The number of primary shards should generally not exceed the number of data nodes in your cluster. Replicas provide redundancy and can improve read performance but increase indexing load.

Swapping Disabled

Elasticsearch performance degrades severely if the JVM heap is swapped to disk. Ensure swapping is disabled for the Elasticsearch process and the system.

In `elasticsearch.yml`:

bootstrap.memory_lock: true

You’ll also need to configure `ulimit` for the Elasticsearch user to allow `memlock` (memory locking):

# /etc/security/limits.d/elasticsearch.conf
* soft memlock unlimited
* hard memlock unlimited

And ensure the system’s `vm.max_map_count` is sufficiently high (e.g., 262144):

# /etc/sysctl.conf
vm.max_map_count=262144

Apply sysctl changes with `sysctl -p`.

Disk I/O and Network

For optimal performance, use fast SSDs for Elasticsearch data directories. Monitor disk I/O using tools like `iostat`. Ensure your network configuration on OVH allows for low latency between nodes if running a cluster.
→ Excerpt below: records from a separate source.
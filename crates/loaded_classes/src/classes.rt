//! The classes of a run by the class files that were put in.
ghost use Rattle.std.specs.Prelude.{ℕ, List, Option, length, None, slice_get};
ghost use Rattle.class_record.specs.Files.{Name};
ghost use Rattle.class_record.specs.Facts.{Facts, names_of};
ghost use Rattle.class_record.specs.Calls.{IsClassBefore};
ghost use Rattle.loaded_classes.specs.Held.{IsId, AreIds};

use crate::reading::{field_at, handler_at, method_at, pool_at};
use crate::table::LoadedClasses;
use class_record::{
    ClassId, Classes, ClassesFault, FieldFact, JavaFault, MethodFact, PoolFact, Source,
};
use class_tree::Handler;
use loader_rules::Loader;
use sqlite_items::{Items, at};

// The class with a number, which was loaded before the one whose list or superclass it is from.
fn class_with(id: Option<u32>) -> Option<ClassId>
    ensures { (classes : List Facts) (of : ℕ) (wanted : Option Name) → IsId (names_of classes) of wanted id → IsClassBefore classes of wanted result }
{
    match id {
        Some(id) => Some(ClassId(id)),
        None => None,
    }
}

fn class_at(ids: &Items<u32>, k: u32) -> Option<ClassId>
    ensures { (classes : List Facts) (of : ℕ) (wanted : List Name) → AreIds (names_of classes) of wanted ids.now → IsClassBefore classes of (slice_get wanted k) result }
{
    class_with(at(ids.as_slice(), k as usize).copied())
}

impl Classes for LoadedClasses {
    ghost use Rattle.std.specs.Prelude.{[], None, length};
    ghost use Rattle.class_record.specs.Facts.{names_of};
    ghost use Rattle.loaded_classes.specs.Table.{linked_at, word_at, no_world};

    ghost world = { λ s. no_world };

    ghost classes = { λ s. s.classes };

    ghost begun = { λ s. names_of s.classes };

    ghost reads = { λ s. [] };

    ghost linked = { λ s id. linked_at s.linked id };

    ghost cached = { λ s id k. word_at s.words id k };

    ghost archive = { λ s id. None };

    ghost read_faults = { λ s. 0 };

    ghost write_faults = { λ s. 0 };

    ghost can_fail = { λ s. ⊥ };

    fn load(
        &mut self,
        name: &[u8],
        from: Loader,
    ) -> Result<Result<ClassId, JavaFault>, ClassesFault> {
        Ok(self.seen(name, from))
    }

    fn link(&mut self, id: ClassId) -> Result<Option<JavaFault>, ClassesFault> {
        self.note_link(id);
        Ok(None)
    }

    fn count(&self) -> u32 {
        self.count_held()
    }

    fn name(&self, id: ClassId) -> &[u8] {
        self.class(id).tree.own_name()
    }

    fn flags(&self, id: ClassId) -> u16 {
        self.class(id).tree.flags
    }

    fn loader(&self, id: ClassId) -> Loader {
        self.class(id).loader
    }

    fn super_of(&self, id: ClassId) -> Option<ClassId> {
        class_with(self.class(id).sup)
    }

    fn interface(&self, id: ClassId, k: u32) -> Option<ClassId> {
        class_at(&self.class(id).interfaces, k)
    }

    fn superinterface(&self, id: ClassId, k: u32) -> Option<ClassId> {
        class_at(&self.class(id).superinterfaces, k)
    }

    fn find_loaded(&self, name: &[u8]) -> Option<ClassId> {
        self.named(name)
    }

    fn field(&self, id: ClassId, k: u32) -> Option<FieldFact<'_>> {
        let class = self.class(id);
        let fields = class.tree.fields.as_slice();
        field_at(&class.tree.pool, fields, class.slots.as_slice(), k as usize)
    }

    fn method(&self, id: ClassId, k: u32) -> Option<MethodFact<'_>> {
        let tree = &self.class(id).tree;
        method_at(&tree.pool, tree.methods.as_slice(), k as usize)
    }

    fn handler(&self, id: ClassId, m: u32, k: u32) -> Option<Handler> {
        let methods = self.class(id).tree.methods.as_slice();
        handler_at(methods, m as usize, k as usize)
    }

    fn pool(&self, id: ClassId, k: u16) -> PoolFact<'_> {
        pool_at(&self.class(id).tree.pool, k)
    }

    fn sizes(&self, id: ClassId) -> (u32, u32) {
        let class = self.class(id);
        (class.instance_size, class.static_size)
    }

    fn source(&self, id: ClassId) -> Source {
        Source {
            archive: None,
            folder: self.class(id).folder,
        }
    }

    fn cache(&self, id: ClassId, k: u16) -> u64 {
        self.word(id, k)
    }

    fn set_cache(&mut self, id: ClassId, k: u16, value: u64) {
        self.set_word(id, k, value);
    }
}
Putting It All Together: A Sample OVH Deployment

Consider a typical OVH instance (e.g., 8 vCPU, 16GB RAM) hosting Nginx, PHP-FPM, and a single-node Elasticsearch instance. This is a common scenario for smaller applications or development environments. For production, consider dedicated nodes for each service.
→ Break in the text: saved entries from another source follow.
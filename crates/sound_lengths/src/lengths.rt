// Whether the tables are long enough, whatever they hold.
ghost use Rattle.std.specs.Prelude.{◌≡◌};
ghost use Rattle.tables.specs.Lent.{tables_lent};
ghost use Rattle.soundness.specs.Sound.{long_enough};

use tables::lent::Lent;
use tables::{clients, counts, links, log, records, versions};

// For so many servers, and so many rows: a row is a client's.
pub fn long_enough(servers: u32, rows: u32, t: &Lent) -> bool
    ensures { result ≡ long_enough servers rows (tables_lent t.now) }
{
    if t.counts.len() < counts::WORDS {
        return false;
    }
    if t.clients.len() < clients::WIDTH * rows as usize {
        return false;
    }
    if t.links.len() < links::WIDTH * (links::TARGETS * rows as usize) {
        return false;
    }
    if t.keys.len() < versions::PLACES * servers as usize {
        return false;
    }
    if t.values.len() < versions::WIDTH * (versions::PLACES * servers as usize) {
        return false;
    }
    if t.log.len() < log::WIDTH * log::PLACES {
        return false;
    }
    if t.writes.len() < records::WIDTH * records::PLACES {
        return false;
    }
    records::WIDTH * records::PLACES <= t.reads.len()
}
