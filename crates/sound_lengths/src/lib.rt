// What sound tables ask of lengths alone.
#![tactic(auto)]

pub mod lengths;
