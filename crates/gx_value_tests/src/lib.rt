//! Tests of expressions: how they are typed in each place of a script, and what they evaluate to. They
//! are in a crate of their own, so that neither crate is proved a second time with its tests. The tests
//! of statements and scripts, which need the parser, are in `gx_script_tests`.
#![tactic(auto)]

#[cfg(test)]
mod tests;
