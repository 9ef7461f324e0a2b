//! What expressions are typed as, and what they evaluate to.

mod evaluation;
mod support;
mod typing;
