// An input, byte after byte, split into lines of at most 32,768 bytes.
//
// No public function has a `requires`: any count and any byte have an answer.
#![tactic(auto)]

mod fed;

pub use fed::{Fed, feed, rest};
Nginx Configuration Snippet

# /etc/nginx/nginx.conf
user www-data;
worker_processes 8; # Based on 8 vCPUs

events {
    worker_connections 4096;
    multi_accept on;
    use epoll;
}

http {
    include       /etc/nginx/mime.types;
    default_type  application/octet-stream;

    sendfile        on;
    tcp_nopush      on;
    tcp_nodelay     on;
    keepalive_timeout 65;
    keepalive_requests 1000;
    types_hash_max_size 2048;

    server_tokens off; # Security best practice

    gzip on;
    gzip_vary on;
    gzip_proxied any;
    gzip_comp_level 6;
    gzip_buffers 16 8k;
    gzip_http_version 1.1;
    gzip_types text/plain text/css application/json application/javascript text/xml application/xml application/xml+rss text/javascript;

    # Proxy to PHP-FPM
    location ~ \.php$ {
        include snippets/fastcgi-php.conf;
        fastcgi_pass unix:/run/php/php8.1-fpm.sock; # Adjust PHP version
        fastcgi_connect_timeout 60s;
        fastcgi_send_timeout 60s;
        fastcgi_read_timeout 300s;
    }

    # Proxy to Gunicorn (if applicable)
    location / {
        proxy_pass http://127.0.0.1:8000; # Assuming Gunicorn runs on localhost:8000
        proxy_set_header Host $host;
        proxy_set_header X-Real-IP $remote_addr;
        proxy_set_header X-Forwarded-For $proxy_add_x_forwarded_for;
        proxy_set_header X-Forwarded-Proto $scheme;

        proxy_buffering on;
        proxy_buffers 8 16k;
        proxy_buffer_size 32k;

        proxy_connect_timeout 60s;
        proxy_send_timeout 60s;
        proxy_read_timeout 60s;
    }

    # Serve static files directly
    location ~* \.(jpg|jpeg|png|gif|ico|css|js|svg|woff|woff2)$ {
        expires 30d;
        access_log off;
        add_header Cache-Control "public";
    }
}

PHP-FPM Configuration Snippet

; /etc/php/8.1/fpm/pool.d/www.conf (adjust PHP version)
[www]
user = www-data
group = www-data
listen = /run/php/php8.1-fpm.sock

pm = dynamic
pm.max_children = 100
pm.start_servers = 5
pm.min_spare_servers = 2
pm.max_spare_servers = 10
pm.max_requests = 1000
pm.process_idle_timeout = 10s

Elasticsearch Configuration Snippet

# /etc/elasticsearch/elasticsearch.yml
cluster.name: "my-ovh-cluster"
node.name: "es-node-1"
network.host: 127.0.0.1 # Or a private IP if part of a cluster
http.port: 9200
discovery.seed_hosts: [] # For single node, or list other nodes if clustered

# Ensure these are set in jvm.options and limits.conf/sysctl.conf as described above
# bootstrap.memory_lock: true
# xpack.security.enabled: false # For simplicity in this example, enable for production

# /etc/elasticsearch/jvm.options
-Xms4g
-Xmx4g

This comprehensive playbook provides a solid foundation for tuning Nginx, Gunicorn/FPM, and Elasticsearch on OVH infrastructure. Remember that continuous monitoring and iterative adjustments based on real-world load are key to maintaining optimal performance.